Try it:
From the records below, extract only the lines running from the line with "put_word(message, value.len() as u16)?;" to the line with "message.push(net.len)?;", both lines included, reproducing them exactly.

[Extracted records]

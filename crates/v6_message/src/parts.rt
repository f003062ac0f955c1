//! Parts of a client's message, written: what such messages share, whoever writes them.

ghost use Rattle.std.specs.Prelude.{◌≡◌, ◌<◌, ◌^◌, ◌++◌, ◌∷◌, [], length, OnOk};
ghost use Rattle.v6_options.specs.OptionGrammar.{word_text};
ghost use Rattle.v6_options.specs.declared.ia.IaKind.TheVariants.{Na, Pd};
ghost use Rattle.v6_message.specs.Kinds.{number_of_kind};
ghost use Rattle.v6_message.specs.Requests.{code_of, item_of, options_text, rapid_options, wanted, wanted_in, xid_text};

use crate::kind::Kind6;
use byteorder::{BigEndian, ByteOrder};
use net_types::{Net6, u16_octets};
use std::alloc::AllocError;
use v6_options::layout::{ADDRESS_FIELDS_LEN, PREFIX_FIELDS_LEN};
use v6_options::{IaKind, code};

/// Both lifetimes of an item, or T1 and T2: a client leaves them to the server.
pub const NO_TIMES: [u8; 8] = [0; 8];
/// The three codes that a client wants, of two bytes each.
const WANTED_LEN: u16 = 6;

/// A number of two bytes.
pub fn put_word(message: &mut Vec<u8>, word: u16) -> Result<(), AllocError>
    ensures { OnOk result (message.new.items ≡ message.old.items ++ word_text word) }
{
    message.extend_from_slice(&u16_octets(word))
}

/// An option of a code.
pub(crate) fn put_option(message: &mut Vec<u8>, code: u16, value: &[u8]) -> Result<(), AllocError>
    requires { length value.now < 2 ^ 16 }
    ensures { OnOk result (message.new.items ≡ message.old.items ++ options_text ((code, value.now) ∷ [])) }
{
    put_word(message, code)?;
    put_word(message, value.len() as u16)?;
    message.extend_from_slice(value)
}

fn put_address(message: &mut Vec<u8>, net: Net6) -> Result<(), AllocError>
    ensures { OnOk result (message.new.items ≡ message.old.items ++ options_text (item_of Na net ∷ [])) }
{
    put_word(message, code::IA_ADDRESS)?;
    put_word(message, ADDRESS_FIELDS_LEN as u16)?;
    message.extend_from_slice(&net.ip.octets())?;
    message.extend_from_slice(&NO_TIMES)
}

fn put_prefix(message: &mut Vec<u8>, net: Net6) -> Result<(), AllocError>
    ensures { OnOk result (message.new.items ≡ message.old.items ++ options_text (item_of Pd net ∷ [])) }
{
    put_word(message, code::IA_PREFIX)?;
    put_word(message, PREFIX_FIELDS_LEN as u16)?;
    message.extend_from_slice(&NO_TIMES)?;
    message.push(net.len)?;
    message.extend_from_slice(&net.ip.octets())
}

/// An address or a prefix of an IA, with its lifetimes left to the server (RFC 8415, sections 21.6 and 21.22).
pub fn put_item(message: &mut Vec<u8>, kind: IaKind, net: Net6) -> Result<(), AllocError>
    ensures { OnOk result (message.new.items ≡ message.old.items ++ options_text (item_of kind net ∷ [])) }
{
    match kind {
        IaKind::Na => put_address(message, net),
        IaKind::Pd => put_prefix(message, net),
    }
}

/// The code of an IA.
pub fn code_of(kind: IaKind) -> u16
    ensures { result ≡ code_of kind }
{
    match kind {
        IaKind::Na => code::IA_NA,
        IaKind::Pd => code::IA_PD,
    }
}

/// The wish for a Reply at once, where there is it (RFC 8415, section 21.14).
pub fn put_rapid(message: &mut Vec<u8>, rapid: bool) -> Result<(), AllocError>
    ensures { OnOk result (message.new.items ≡ message.old.items ++ options_text (rapid_options rapid)) }
{
    if rapid {
        return put_option(message, code::RAPID_COMMIT, &[]);
    }
    Ok(())
}

/// The options that a client wants.
fn put_wanted(message: &mut Vec<u8>) -> Result<(), AllocError>
    ensures { OnOk result (message.new.items ≡ message.old.items ++ options_text wanted) }
{
    put_word(message, code::OPTION_REQUEST)?;
    put_word(message, WANTED_LEN)?;
    put_word(message, code::DNS_SERVERS)?;
    put_word(message, code::DOMAIN_LIST)?;
    put_word(message, code::SOL_MAX_RT)
}

/// What a message of this kind wants.
pub fn put_wanted_in(message: &mut Vec<u8>, kind: Kind6) -> Result<(), AllocError>
    ensures { OnOk result (message.new.items ≡ message.old.items ++ options_text (wanted_in kind)) }
{
    match kind {
        Kind6::Solicit | Kind6::Request | Kind6::Renew | Kind6::Rebind => put_wanted(message),
        Kind6::Release | Kind6::Decline => Ok(()),
    }
}

/// The type and the transaction ID.
pub fn put_header(message: &mut Vec<u8>, kind: Kind6, xid: u32) -> Result<(), AllocError>
    ensures { OnOk result (message.new.items ≡ message.old.items ++ number_of_kind kind ∷ xid_text xid) }
{
    let mut header = [0; 4];
    BigEndian::write_u32(&mut header, xid);
    // the type stands where the high byte of the number would
    header[0] = kind.number();
    message.extend_from_slice(&header)
}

Exercise solution:
    put_word(message, value.len() as u16)?;
    message.extend_from_slice(value)
}

fn put_address(message: &mut Vec<u8>, net: Net6) -> Result<(), AllocError>
    ensures { OnOk result (message.new.items ≡ message.old.items ++ options_text (item_of Na net ∷ [])) }
{
    put_word(message, code::IA_ADDRESS)?;
    put_word(message, ADDRESS_FIELDS_LEN as u16)?;
    message.extend_from_slice(&net.ip.octets())?;
    message.extend_from_slice(&NO_TIMES)
}

fn put_prefix(message: &mut Vec<u8>, net: Net6) -> Result<(), AllocError>
    ensures { OnOk result (message.new.items ≡ message.old.items ++ options_text (item_of Pd net ∷ [])) }
{
    put_word(message, code::IA_PREFIX)?;
    put_word(message, PREFIX_FIELDS_LEN as u16)?;
    message.extend_from_slice(&NO_TIMES)?;
    message.push(net.len)?;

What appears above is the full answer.